Chicken taco soup is the perfect weeknight dinner. It couldn't be easier to make—plus, it's packed with flavor!
Ingredients
- 1 tablespoon olive oil
- 1 medium onion, chopped
- 4 garlic cloves, minced
- 2 cups water
- 4 cups chicken broth
- 1 can (15 ounces) white kidney or cannellini beans, rinsed and drained
- 1 can (15 ounces) black beans, rinsed and drained
- 1 can (14-1/2 ounces) diced tomatoes
- 1 can (4 ounces) chopped green chiles
- 1 envelope taco seasoning
- 1 tablespoon ground cumin
- 2 cups cubed cooked chicken breast
- 1 cup fresh cilantro leaves, roughly chopped
- optional: hot pepper sauce and lime wedges
Instruction
- In a Dutch oven, heat oil over medium-high heat.
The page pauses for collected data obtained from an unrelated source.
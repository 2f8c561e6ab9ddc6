//! How a run shows what its script does.

use std::alloc::Global;
use std::str::FromStr;

/// The names of the languages of pictures, as the command line has them.
pub static DRAWINGS: [&str; 4] = ["mermaid", "dot", "timeline", "gantt"];

/// The language of a picture.
#[derive(Clone, Copy, Debug, PartialEq, Eq)]
pub enum Drawing {
    /// The language of Mermaid, which GitHub draws.
    Mermaid,
    /// The language of Graphviz, `dot`.
    Dot,
    /// SVG: what each session held and awaited, from line to line.
    Timeline,
    /// Mermaid's chart of what each session held and awaited, from line to line.
    Gantt,
}

impl Drawing {
    /// Whether one picture shows the whole script, at its end.
    pub fn is_of_all_lines(self) -> bool {
        matches!(self, Drawing::Timeline | Drawing::Gantt)
    }

    /// The name of the language, as the command line has it.
    pub fn name(self) -> &'static str {
        match self {
            Drawing::Mermaid => "mermaid",
            Drawing::Dot => "dot",
            Drawing::Timeline => "timeline",
            Drawing::Gantt => "gantt",
        }
    }
}

/// Text that names no language of pictures.
#[derive(Clone, Copy, Debug, PartialEq, Eq, Drop)]
pub struct NoDrawing;

impl FromStr for Drawing {
    type Err = NoDrawing;

    fn from_str(text: &str) -> Result<Self, NoDrawing> {
        match text {
            "mermaid" => Ok(Drawing::Mermaid),
            "dot" => Ok(Drawing::Dot),
            "timeline" => Ok(Drawing::Timeline),
            "gantt" => Ok(Drawing::Gantt),
            _ => Err(NoDrawing),
        }
    }
}

/// What a run shows beside the answers of its script, and how it writes them.
#[derive(Clone, Copy, Debug, PartialEq, Eq)]
pub struct Style {
    /// Whether a run prints each line of its script, before the line's answers.
    pub echo: bool,
    /// Whether a run prints an object of JSON for each line that it prints, instead of the line's text.
    pub json: bool,
    /// The language in which a run draws, if it draws: a picture of who waits for whom after the rows of each
    /// `list`, or one of the whole script in place of the answers.
    pub graph: Option<Drawing>,
}

impl Style {
    /// The style of a run that shows the answers alone, as text.
    pub const PLAIN: Style = Style {
        echo: false,
        json: false,
        graph: None,
    };
}

/// In which form a line is printed.
#[derive(Clone, Copy)]
pub enum Form {
    /// The line is printed as text.
    Text,
    /// The line is printed as an object of JSON, with this memory for it.
    Json(Global),
}

/// What draws pictures: the language, and the memory for them.
#[derive(Clone, Copy)]
pub struct Pen {
    pub drawing: Drawing,
    pub alloc: Global,
}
Add onion; cook and stir until tender, 4-5 minutes. Add garlic; cook 1 minute longer. Stir in water, broth, beans, tomatoes, chiles, taco seasoning and cumin. Bring to a boil; reduce heat.
- Simmer, uncovered, 20 minutes. Stir in chicken and cilantro; heat through. Garnish with hot sauce, lime wedges and additional cilantro, if desired.